- [Data extract]:

= = = = =

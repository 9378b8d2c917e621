// What a launch is issued with.
use lti_outside::Text;

/// What a launch is issued with. A text that is empty stands for a parameter that the launch doesn't have, the link apart.
#[derive(Drop)]
pub struct Terms {
    /// The link from which the tool is started, as `resource_link_id` (LTI 1.1.1, section 3). It isn't empty.
    pub link: Text,
    /// The user who starts the tool, as `user_id` (section 3).
    pub user: Text,
    /// Where a grade of this user and link goes, as `lis_result_sourcedid` (section 6).
    pub sourced_id: Text,
    /// The address of the service that takes grades, as `lis_outcome_service_url` (section 6).
    pub service: Text,
}
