// How the reply to an outcome's call is told.
ghost use Rattle.std.specs.Prelude.{◌≡◌, ◌≤◌, ◌++◌};
ghost use Rattle.pox_outcomes.specs.Answered.{answer_text, room_of};
ghost use Rattle.lti_asks.specs.Outcomes.{IsTold};

use lti_machine::Reply;
use lti_outside::Bytes;
use pox_outcomes::{Outcome, Told, write_answer};
use score_decimal::Score;

// What the reply tells.
fn told_of(outcome: &Outcome, reply: Reply) -> Told
    requires { (told : Told) × IsTold outcome.now reply told }
    ensures { IsTold outcome.now reply result }
{
    match reply {
        Reply::Graded => match Score::read(outcome.score_text.get()) {
            Some(score) => Told::Replaced(score),
            None => unreachable!(),
        },
        Reply::GradeRead { score: Some(score) } => Told::ReadScore(score),
        Reply::GradeRead { score: None } => Told::ReadNothing,
        Reply::Deleted => Told::Deleted,
        Reply::UnknownId => Told::UnknownId,
        Reply::BadScore => Told::BadScore,
        _ => unreachable!(),
    }
}

/// Appends the envelope that tells the reply to an outcome's call (LTI 1.1.1, section 6). Takes no memory.
///
/// The reply tells something of this outcome, which `lti_asks::accepted_is_told` says of the replies to its call, and the bytes have
/// the room that `pox_outcomes::answer_room` counts.
pub fn outcome_answer(outcome: &Outcome, reply: Reply, out: &mut Bytes)
    requires told { (told : Told) × IsTold outcome.now reply told }
    requires room { room_of outcome.now ≤ out.old.room }
    ensures { (told : Told) × IsTold outcome.now reply told × (out.new.list ≡ out.old.list ++ answer_text outcome.now told) }
{
    let told = told_of(outcome, reply);
    write_answer(outcome, told, out);
}
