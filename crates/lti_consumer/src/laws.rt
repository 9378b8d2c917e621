// What holds of all launch forms.
ghost use Rattle.lti_consumer.specs.Laws.{FormSaysLaunch};

/// A form that `launch_form` makes, posted to its URL, is well signed at the other end and is there the launch of its terms,
/// under the conditions of `oauth_request::signed_is_believed` and where the URL's query has no parameter of a launch.
pub fn a_launch_form_says_its_launch()
    ensures { FormSaysLaunch }
{}
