//! The custom section `name`.
ghost use Rattle.std.specs.Prelude.{◌≡◌, ◌↔◌, ◌≤◌, ℕ, List, length, codes, IsTrue, IfSome, IfNone, MatchOption};
ghost use Rattle.wasm_sections.specs.Section.{SpellsModule};
ghost use Rattle.wasm_sections.specs.Names.{AreNamed, IsNameSection, HasNameSection};

use crate::id::SectionId;
use crate::laws::sections_fill_the_module;
use crate::name_reading::sized_of;
use crate::section::Section;

/// Whether it is the name of the section with names.
fn is_name(name: &[u8]) -> bool
    ensures { IsTrue result ↔ (name.now ≡ codes "name") }
{
    name == b"name".as_slice()
}

/// What follows the name `name`, where it begins the contents of a custom section.
fn past_name(contents: &[u8]) -> Option<&[u8]>
    ensures found { IfSome result (λ rest. AreNamed contents.now (codes "name") rest.now) }
    ensures none { IfNone result ((rest : List ℕ) → AreNamed contents.now (codes "name") rest → ⊥) }
{
    match sized_of(contents) {
        Ok((name, rest)) => { if is_name(name) { Some(rest) } else { None } }
        Err(_) => None,
    }
}

/// What follows the name in the section, where that is the name section.
fn subsections_of<'a>(bytes: &'a [u8], section: Section) -> Option<&'a [u8]>
    requires order { section.contents ≤ section.end }
    requires bounds { section.end ≤ length bytes.now }
    ensures found { IfSome result (λ rest. IsNameSection bytes.now section rest.now) }
    ensures none { IfNone result ((rest : List ℕ) → IsNameSection bytes.now section rest → ⊥) }
{
    if section.id == SectionId::Custom {
        past_name(&bytes[section.contents..section.end])
    } else {
        None
    }
}

/// What follows the name in the first section that is a name section.
pub fn name_section<'a>(bytes: &'a [u8], sections: &[Section]) -> Option<&'a [u8]>
    requires { SpellsModule bytes.now sections.now }
    ensures found { IfSome result (λ rest. HasNameSection bytes.now sections.now rest.now) }
    ensures only { (rest : List ℕ) → HasNameSection bytes.now sections.now rest
        → MatchOption result ⊥ (λ found. found.now ≡ rest) }
{
    sections_fill_the_module();
    for section in sections {
        if let Some(rest) = subsections_of(bytes, *section) {
            return Some(rest);
        }
    }
    None
}
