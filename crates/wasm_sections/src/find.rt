//! Sections by their id, and where one would stand.
ghost use Rattle.std.specs.Prelude.{◌≡◌, ◌≢◌, ℕ, List, IfSome, IfNone};
ghost use Rattle.wasm_sections.specs.Section.{SpellsModule};
ghost use Rattle.wasm_sections.specs.Find.{LackId, IsFirstWith, IsPlaceOf};
ghost use Rattle.wasm_sections.specs.declared.id.SectionId.TheVariants as ids;
ghost use Rattle.wasm_sections.specs.Reader.{comes_before_lem};

use crate::id::SectionId;
use crate::section::{PREAMBLE, Section};

/// The first section that has the id; `None` where none has it.
pub fn find_section(sections: &[Section], id: SectionId) -> Option<Section>
    ensures found { IfSome result (λ s. IsFirstWith sections.now id s) }
    ensures none { IfNone result (LackId sections.now id) }
{
    for section in sections {
        if section.id == id {
            return Some(*section);
        }
    }
    None
}

/// Whether a section of the first id has to stand before one of the second.
fn comes_before(first: SectionId, second: SectionId) -> bool
    ensures { result ≡ comes_before_lem first second }
{
    let rank = first.rank();
    rank > 0 && rank < second.rank()
}

/// The offset at which a section with the id would stand in a module that has none: behind the last section that has to
/// precede it, or behind the preamble.
pub fn place_of(sections: &[Section], id: SectionId) -> usize
    // The place is right in each module of these sections.
    ensures { (bytes : List ℕ) → SpellsModule bytes sections.now → LackId sections.now id
        → id ≢ ids.Custom → IsPlaceOf sections.now id result }
{
    let mut place = PREAMBLE.len();
    for section in sections {
        if comes_before(section.id, id) {
            place = section.end;
        }
    }
    place
}
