//! Section ids: their bytes, and their place in the order of sections.
ghost use Rattle.std.specs.Prelude.{◌≡◌, ◌≢◌, IfSome, IfNone};
ghost use Rattle.wasm_sections.specs.Id.{id_code, rank_of, id_name};
ghost use Rattle.wasm_sections.specs.declared.id.SectionId.{SectionId};

/// The kinds of sections that a module may have.
#[derive(Clone, Copy, Debug, PartialEq, Eq)]
pub enum SectionId {
    /// A name and bytes of any form; it may stand anywhere, as often as one likes.
    Custom,
    /// The types.
    Type,
    /// The imports.
    Import,
    /// The type of each function.
    Function,
    /// The tables.
    Table,
    /// The memories.
    Memory,
    /// The globals.
    Global,
    /// The exports.
    Export,
    /// The function that is called first.
    Start,
    /// The element segments.
    Element,
    /// The locals and the body of each function.
    Code,
    /// The data segments.
    Data,
    /// How many data segments there are.
    DataCount,
    /// The tags.
    Tag,
}

impl SectionId {
    /// The id that this byte stands for (WebAssembly Core Specification 3.0, Binary Format, Modules, Sections); `None` where
    /// it stands for none.
    pub fn from_byte(b: u8) -> Option<SectionId>
        ensures found { IfSome result (λ id. id_code id ≡ b) }
        ensures none { IfNone result ((id : SectionId) → id_code id ≢ b) }
    {
        match b {
            0 => Some(SectionId::Custom),
            1 => Some(SectionId::Type),
            2 => Some(SectionId::Import),
            3 => Some(SectionId::Function),
            4 => Some(SectionId::Table),
            5 => Some(SectionId::Memory),
            6 => Some(SectionId::Global),
            7 => Some(SectionId::Export),
            8 => Some(SectionId::Start),
            9 => Some(SectionId::Element),
            10 => Some(SectionId::Code),
            11 => Some(SectionId::Data),
            12 => Some(SectionId::DataCount),
            13 => Some(SectionId::Tag),
            _ => None,
        }
    }

    /// The byte that stands for the id.
    pub fn byte(self) -> u8
        ensures { result ≡ id_code self }
    {
        match self {
            SectionId::Custom => 0,
            SectionId::Type => 1,
            SectionId::Import => 2,
            SectionId::Function => 3,
            SectionId::Table => 4,
            SectionId::Memory => 5,
            SectionId::Global => 6,
            SectionId::Export => 7,
            SectionId::Start => 8,
            SectionId::Element => 9,
            SectionId::Code => 10,
            SectionId::Data => 11,
            SectionId::DataCount => 12,
            SectionId::Tag => 13,
        }
    }

    /// The place of such a section in the order of sections, from 1; 0 for a custom section, which may stand anywhere.
    pub fn rank(self) -> u8
        ensures { result ≡ rank_of self }
    {
        match self {
            SectionId::Custom => 0,
            SectionId::Type => 1,
            SectionId::Import => 2,
            SectionId::Function => 3,
            SectionId::Table => 4,
            SectionId::Memory => 5,
            SectionId::Tag => 6,
            SectionId::Global => 7,
            SectionId::Export => 8,
            SectionId::Start => 9,
            SectionId::Element => 10,
            SectionId::DataCount => 11,
            SectionId::Code => 12,
            SectionId::Data => 13,
        }
    }

    /// The id's name, in lower case.
    pub fn name(&self) -> &'static str
        ensures { result.now ≡ id_name self.now }
    {
        match self {
            SectionId::Custom => "custom",
            SectionId::Type => "type",
            SectionId::Import => "import",
            SectionId::Function => "function",
            SectionId::Table => "table",
            SectionId::Memory => "memory",
            SectionId::Global => "global",
            SectionId::Export => "export",
            SectionId::Start => "start",
            SectionId::Element => "element",
            SectionId::Code => "code",
            SectionId::Data => "data",
            SectionId::DataCount => "datacount",
            SectionId::Tag => "tag",
        }
    }
}
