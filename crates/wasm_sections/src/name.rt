//! The name of a custom section.
ghost use Rattle.std.specs.Prelude.{ℕ, List, IfSome, IfNone};
ghost use Rattle.wasm_sections.specs.Section.{BeginsWithName};

use wasm_code::u32_of;

/// The name that begins the contents of a custom section; `None` where they begin with no whole name.
pub fn name_of(contents: &[u8]) -> Option<&[u8]>
    ensures found { IfSome result (λ name. BeginsWithName contents.now name.now) }
    ensures none { IfNone result ((name : List ℕ) → BeginsWithName contents.now name → ⊥) }
{
    match u32_of(contents) {
        Ok((size, rest)) => match rest.split_at_checked(size as usize) {
            Some((name, _)) => Some(name),
            None => None,
        },
        Err(_) => None,
    }
}
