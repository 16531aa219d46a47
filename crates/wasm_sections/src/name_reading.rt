//! What the name section has one after another, from the front of bytes.
ghost use Rattle.wasm_code.specs.Reader.{Gives};
ghost use Rattle.wasm_sections.specs.NameReader.{sized_at, name_text_at, subsection_at, naming_at};

use std::str;
use wasm_code::{Cause, byte_of, u32_of};

/// The bytes whose size begins these, and what follows them.
#[tactic(auto, unfolding(crate::specs::NameReader::sized_at))]
pub fn sized_of(bytes: &[u8]) -> Result<(&[u8], &[u8]), Cause>
    ensures { Gives (λ x. (x.0.now, x.1.now)) result (sized_at bytes.now) }
{
    let (size, rest) = u32_of(bytes)?;
    if rest.len() < size as usize {
        return Err(Cause::Truncated);
    }
    Ok(rest.split_at(size as usize))
}

/// A name, and what follows it.
#[tactic(auto, unfolding(crate::specs::NameReader::name_text_at))]
fn name_of(bytes: &[u8]) -> Result<(&str, &[u8]), Cause>
    ensures { Gives (λ x. (x.0.now, x.1.now)) result (name_text_at bytes.now) }
{
    let (name, rest) = sized_of(bytes)?;
    match str::from_utf8(name) {
        Ok(name) => Ok((name, rest)),
        Err(_) => Err(Cause::BadImmediate),
    }
}

/// The id of a subsection, its contents, and what follows it.
#[tactic(auto, unfolding(crate::specs::NameReader::subsection_at))]
pub fn subsection_of(bytes: &[u8]) -> Result<(u8, &[u8], &[u8]), Cause>
    ensures { Gives (λ x. ((x.0, x.1.now), x.2.now)) result (subsection_at bytes.now) }
{
    let (id, rest) = byte_of(bytes)?;
    let (contents, behind) = sized_of(rest)?;
    Ok((id, contents, behind))
}

/// The index of a function, its name, and what follows these.
#[tactic(auto, unfolding(crate::specs::NameReader::naming_at))]
pub fn naming_of(bytes: &[u8]) -> Result<(u32, &str, &[u8]), Cause>
    ensures { Gives (λ x. ((x.0, x.1.now), x.2.now)) result (naming_at bytes.now) }
{
    let (index, rest) = u32_of(bytes)?;
    let (name, behind) = name_of(rest)?;
    Ok((index, name, behind))
}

= = = = =

- [Work to complete]: Begin with the line that contains "Ok((id, contents, behind))" and end with the last line of the material above. Set down that range exactly.

- [Answer space]:
    Ok((id, contents, behind))
}

/// The index of a function, its name, and what follows these.
#[tactic(auto, unfolding(crate::specs::NameReader::naming_at))]
pub fn naming_of(bytes: &[u8]) -> Result<(u32, &str, &[u8]), Cause>
    ensures { Gives (λ x. ((x.0, x.1.now), x.2.now)) result (naming_at bytes.now) }
{
    let (index, rest) = u32_of(bytes)?;
    let (name, behind) = name_of(rest)?;
    Ok((index, name, behind))
}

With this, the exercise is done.